Dir soll ja stets an treuer Brust
Die Sonne meiner Liebe scheinen,
da bin ich beinahe ein wenig eifersüchtig geworden.«
»Eifersüchtig? Wie wäre das möglich?«
»Nun, Du sprachst da von einer Trauernden.«
»Ja.«
»Die nanntest Du Deine süße Himmelslust und versprachst ihr, daß ihr die Sonne Deiner Liebe scheinen werde. Ich konnte mir nicht denken, daß ich unter dieser Trauernden gemeint sei, und so lag der Gedanke nahe, daß es eine Andere gebe, der diese Verse galten.«
»O, dieses Gedicht behandelte kein subjectives, sondern vielmehr ein ganz objectives Thema. Ich habe dabei gar nicht an irgend ein mir bekanntes Wesen gedacht.«
»So wünsche ich, daß Du von jetzt an an eins denkst, so oft Du eine Strophe schreibst, in welcher von süßer Himmelslust und von der Sonne der Liebe die Rede ist.«
»O, gewiß werde ich von jetzt an an Eine denken, welche wirklich lebt und wirklich existirt.«
»Und wer wird das sein?«
»Du, nur Du allein!«
Er zog sie wieder an sich. Der arme Waisenknabe, das Findelkind, der Pflegesohn eines Schneidermusikanten hatte die Tochter eines Obersten, den Abkömmling eines alten adeligen Geschlechtes, im Arme. Er fühlte den Druck ihrer Lippen und das warme, vertrauende Schwellen ihres Busens. Ihr Blick ruhte in dem seinigen – er wußte nicht, wohin mit seiner Seligkeit; er küßte sie wieder und immer wieder, bis sie plötzlich sich aus seinen Armen wand und purpurroth erglühend sich erhob.
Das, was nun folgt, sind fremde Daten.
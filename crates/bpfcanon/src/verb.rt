//! The commands of the program, their options and their limits.

ghost use Rattle.std.specs.Prelude.{◌≡◌, IfSome, IsNone};
ghost use Rattle.bpfcanon.specs.{declared.verb.Verb.Verb, commands.Reply.limit_of};
ghost use Rattle.bpfcanon.specs.Verbs.{name_of, setting_name, takes_setting};

use bpf_canon::{BTF_LIMIT, INSN_LIMIT};

/// A command of the program.
#[derive(Clone, Copy, Debug, PartialEq, Eq)]
pub enum Verb {
    /// `insn-canon`: writes instructions in canonical form, in the byte order `--to`.
    InsnCanon,
    /// `insn-show`: lists instructions.
    InsnShow,
    /// `insn-read`: encodes the instructions of a listing, in the byte order `--to`.
    InsnRead,
    /// `insn-groups`: lists the conformance groups of instructions.
    InsnGroups,
    /// `insn-same`: compares the instructions of two files.
    InsnSame,
    /// `btf-canon`: writes BTF in canonical form, in the byte order `--to`.
    BtfCanon,
    /// `btf-show`: lists the types of BTF.
    BtfShow,
    /// `btf-check`: validates BTF and counts its types, without `void`.
    BtfCheck,
    /// `btf-same`: compares the types of two BTF files.
    BtfSame,
}

/// An option of a command.
#[derive(Clone, Copy, Debug, PartialEq, Eq)]
pub enum Setting {
    /// `--order`: the byte order of the input, or of the first file.
    Order,
    /// `--to`: the byte order of the output.
    To,
    /// `--other`: the byte order of the second file.
    Other,
    /// `--split`: the length of the first file in bytes.
    Split,
}

impl Verb {
    /// All commands.
    #[rattlefmt::skip]
    pub const ALL: [Verb; 9] = [
        Verb::InsnCanon, Verb::InsnShow, Verb::InsnRead, Verb::InsnGroups, Verb::InsnSame,
        Verb::BtfCanon, Verb::BtfShow, Verb::BtfCheck, Verb::BtfSame,
    ];

    /// The name of the command on the command line, such as `insn-canon`.
    pub fn name<'a>(self) -> &'a str
        ensures { result.now ≡ name_of self }
    {
        match self {
            Verb::InsnCanon => "insn-canon",
            Verb::InsnShow => "insn-show",
            Verb::InsnRead => "insn-read",
            Verb::InsnGroups => "insn-groups",
            Verb::InsnSame => "insn-same",
            Verb::BtfCanon => "btf-canon",
            Verb::BtfShow => "btf-show",
            Verb::BtfCheck => "btf-check",
            Verb::BtfSame => "btf-same",
        }
    }

    /// The command with a name. `None` if no command has it.
    pub fn named(name: &str) -> Option<Verb>
        ensures some { IfSome result (λ verb. name.now ≡ name_of verb) }
        ensures none { IsNone result → (verb : Verb) → name.now ≡ name_of verb → ⊥ }
    {
        for verb in Verb::ALL {
            if verb.name() == name {
                return Some(verb);
            }
        }
        None
    }

    /// Whether the command accepts an option.
    pub fn takes(self, setting: Setting) -> bool
        ensures { result ≡ takes_setting self setting }
    {
        match self {
            Verb::InsnCanon => matches!(setting, Setting::Order | Setting::To),
            Verb::InsnShow | Verb::InsnGroups => matches!(setting, Setting::Order),
            Verb::InsnRead | Verb::BtfCanon => matches!(setting, Setting::To),
            Verb::InsnSame => matches!(setting, Setting::Order | Setting::Other | Setting::Split),
            Verb::BtfShow | Verb::BtfCheck => false,
            Verb::BtfSame => matches!(setting, Setting::Split),
        }
    }

    /// The longest input of the command in bytes: the limit of the engines, or twice that if the
    /// command reads two files.
    pub fn limit(self) -> u64
        ensures { result ≡ limit_of self }
    {
        match self {
            Verb::InsnCanon | Verb::InsnShow | Verb::InsnRead | Verb::InsnGroups => INSN_LIMIT,
            Verb::InsnSame => 2 * INSN_LIMIT,
            Verb::BtfCanon | Verb::BtfShow | Verb::BtfCheck => BTF_LIMIT,
            Verb::BtfSame => 2 * BTF_LIMIT,
        }
    }
}

impl Setting {
    /// All options.
    pub const ALL: [Setting; 4] = [Setting::Order, Setting::To, Setting::Other, Setting::Split];

    /// The name of the option, without its two dashes.
    pub fn name<'a>(self) -> &'a str
        ensures { result.now ≡ setting_name self }
    {
        match self {
            Setting::Order => "order",
            Setting::To => "to",
            Setting::Other => "other",
            Setting::Split => "split",
        }
    }
}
Er drehte sich um. Unter der Thür stand der Oberst von Hellenbach mit seiner Frau und hinter ihnen sah man das durchgeistigte, vornehme Gesicht des Fürsten von Befour.
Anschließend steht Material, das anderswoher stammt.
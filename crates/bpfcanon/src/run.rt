//! Runs a job from a source to a sink.
//!
//! `insn-canon` and `btf-canon` are engines of `bpf_canon`, which read the source and write to the
//! sink themselves. For each other command the complete input is read here first, so a fault, or an
//! input that is too long, leaves the output empty.

ghost use Rattle.std.specs.Prelude.{◌≡◌, ◌<◌, ◌≤◌, length, false, IfErr, IfOk};
ghost use Rattle.bpfcanon.specs.Devices.{Change, IsUnused, sink_change, source_change};
ghost use Rattle.bpfcanon.specs.{JobEnds.EndsJob, commands.Pieces.Answers, commands.Pieces.IsInput};
ghost use Rattle.bpfcanon.specs.commands.Reply.{has_engine, limit_of};

use crate::commands::btf_show::put_btf_show;
use crate::commands::insn_show::put_insn_show;
use crate::commands::one_file::{btf_check_reply, insn_groups_reply, insn_read_reply};
use crate::commands::reply::{put_reply, put_verdict};
use crate::commands::two_files::{same_btf_files, same_insn_files};
use crate::job::Job;
use crate::outcome::Outcome;
use crate::verb::Verb;
use bpf_canon::{ByteSink, ByteSource, read_all, run_btf, run_insns};
use std::alloc::Allocator;

/// Reads the complete input of a command that has no engine.
///
/// # Errors
///
/// `TooLong` if the input is longer than the limit of the command, `ReadFailed` if a read fails,
/// and `Memory` if memory runs out. The job then ends before anything is written.
fn read_input<A: Allocator, S: ByteSource>(
    alloc: A,
    job: Job,
    source: &mut S,
) -> Result<Vec<u8, A>, Outcome>
    requires whole { has_engine job.verb ≡ false }
    requires source { S.failures source.old < u64.MAX }
    ensures input { IfOk result (λ input.
        IsInput job (source_change S.ByteSource source.old source.new) input.items) }
    ensures stopped { IfErr result (λ outcome. (sink : Change) → IsUnused sink
        → EndsJob job (source_change S.ByteSource source.old source.new) sink outcome) }
{
    Ok(read_all(alloc, source, job.verb.limit())?)
}

/// Writes the reply to a complete input.
fn answer<A: Allocator + Copy, W: ByteSink>(
    alloc: A,
    job: Job,
    input: &[u8],
    sink: &mut W,
) -> Outcome
    requires whole { has_engine job.verb ≡ false }
    requires within { length input.now ≤ limit_of job.verb }
    requires sink { W.failures sink.old < u64.MAX }
    ensures { Answers job input.now (sink_change W.ByteSink sink.old sink.new) result }
{
    match job.verb {
        Verb::InsnShow => put_insn_show(alloc, job, input, sink),
        Verb::InsnRead => put_reply(insn_read_reply(alloc, job.to, input), sink),
        Verb::InsnGroups => put_reply(insn_groups_reply(alloc, job.order, input), sink),
        Verb::InsnSame => put_verdict(same_insn_files(alloc, job, input), sink),
        Verb::BtfShow => put_btf_show(alloc, job, input, sink),
        Verb::BtfCheck => put_reply(btf_check_reply(alloc, input), sink),
        Verb::BtfSame => put_verdict(same_btf_files(alloc, job.split, input), sink),
        Verb::InsnCanon | Verb::BtfCanon => unreachable!(),
    }
}

/// Runs a job from a source to a sink, and returns how it ended.
///
/// If the outcome is a fault, `TooLong` or `SplitBeyond`, only `insn-canon` may have written
/// output. On `ReadFailed`, `WriteFailed` and `Memory` the output may be incomplete. Offsets in
/// faults are in bytes from the start of that file.
///
/// Before the call, each device must have failed fewer than `u64::MAX` times.
pub fn run_job<A: Allocator + Copy, S: ByteSource, W: ByteSink>(
    alloc: A,
    job: Job,
    source: &mut S,
    sink: &mut W,
) -> Outcome
    requires source { S.failures source.old < u64.MAX }
    requires sink { W.failures sink.old < u64.MAX }
    ensures { EndsJob job (source_change S.ByteSource source.old source.new)
        (sink_change W.ByteSink sink.old sink.new) result }
{
    match job.verb {
        Verb::InsnCanon => match run_insns(alloc, source, sink, job.order, job.to) {
            Ok(_) => Outcome::Done,
            Err(error) => Outcome::of_stop(error.cause, Outcome::Fault),
        },
        Verb::BtfCanon => match run_btf(alloc, source, sink, job.to) {
            Ok(_) => Outcome::Done,
            Err(error) => Outcome::of_stop(error.cause, Outcome::BtfFault),
        },
        _ => match read_input(alloc, job, source) {
            Ok(input) => answer(alloc, job, input.as_slice(), sink),
            Err(outcome) => outcome,
        },
    }
}
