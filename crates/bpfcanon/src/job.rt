//! A command with its options.

use crate::verb::Verb;
use bpf_words::Order;

/// A command and the values of its options. Options that the command doesn't accept are `Little`
/// or 0.
#[derive(Clone, Copy, Debug, PartialEq, Eq)]
pub struct Job {
    /// The command.
    pub verb: Verb,
    /// `--order`: the byte order of the input, or of the first file.
    pub order: Order,
    /// `--to`: the byte order of the output.
    pub to: Order,
    /// `--other`: the byte order of the second file.
    pub other: Order,
    /// `--split`: the length of the first file in bytes.
    pub split: u64,
}
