//! The command line: its options, and the job that its arguments describe.

pub(crate) mod options;
pub(crate) mod parse;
Natürlich stand auch Robert jetzt von seinem Sitze auf. Er erglühte nicht wie Fanny, sondern er war leichenblaß geworden.
»Fanny!« sagte der Oberst, mehr in erstauntem, als in verweisendem Tone.
»Mama!« antwortete sie und warf sich in die Arme ihrer Mutter, welche auch überrascht schnell näher getreten war.
Der Fürst that, als habe er gar nichts bemerkt. Er grüßte:
»Guten Abend, Robert!« und nickte ihm freundlich zu, und zu Fanny tretend, fügte er hinzu: »Sie hätten weder ihre lieben Eltern schon jetzt, noch mich überhaupt hier gesehen, wenn wir nicht vor zwei Minuten erfahren hätten, daß Ihnen ein großes Unglück gedroht hat. Wir brachen natürlich sogleich auf, um uns nach Ihrem Befinden zu erkundigen.«
Diese Worte beseitigten das Peinliche des Augenblickes.
»Ja, mein Kind,« sagte die Oberstin, »man sagte uns, daß am Theater ein Attentat auf Dich unternommen worden sei. Ist das wahr?«
»Leider ja.«
»In welcher Weise? Wir konnten nichts Genaues erfahren und waren natürlich auch zu aufgeregt, als daß wir uns hätten Zeit zu weitläufigen Erkundigungen gönnen können.«
»Ich sollte mit rauchender Schwefelsäure bespritzt werden.«
»Herr Jesus! Im Gesicht?«
»Ja.«
»Von wem denn?«
»Von der Jüdin Judith Levi aus der Wasserstraße.«
»Weshalb denn?«
»Aus – aus – aus Eifersucht,« antwortete sie erröthend und indem sie sich halb abwendete.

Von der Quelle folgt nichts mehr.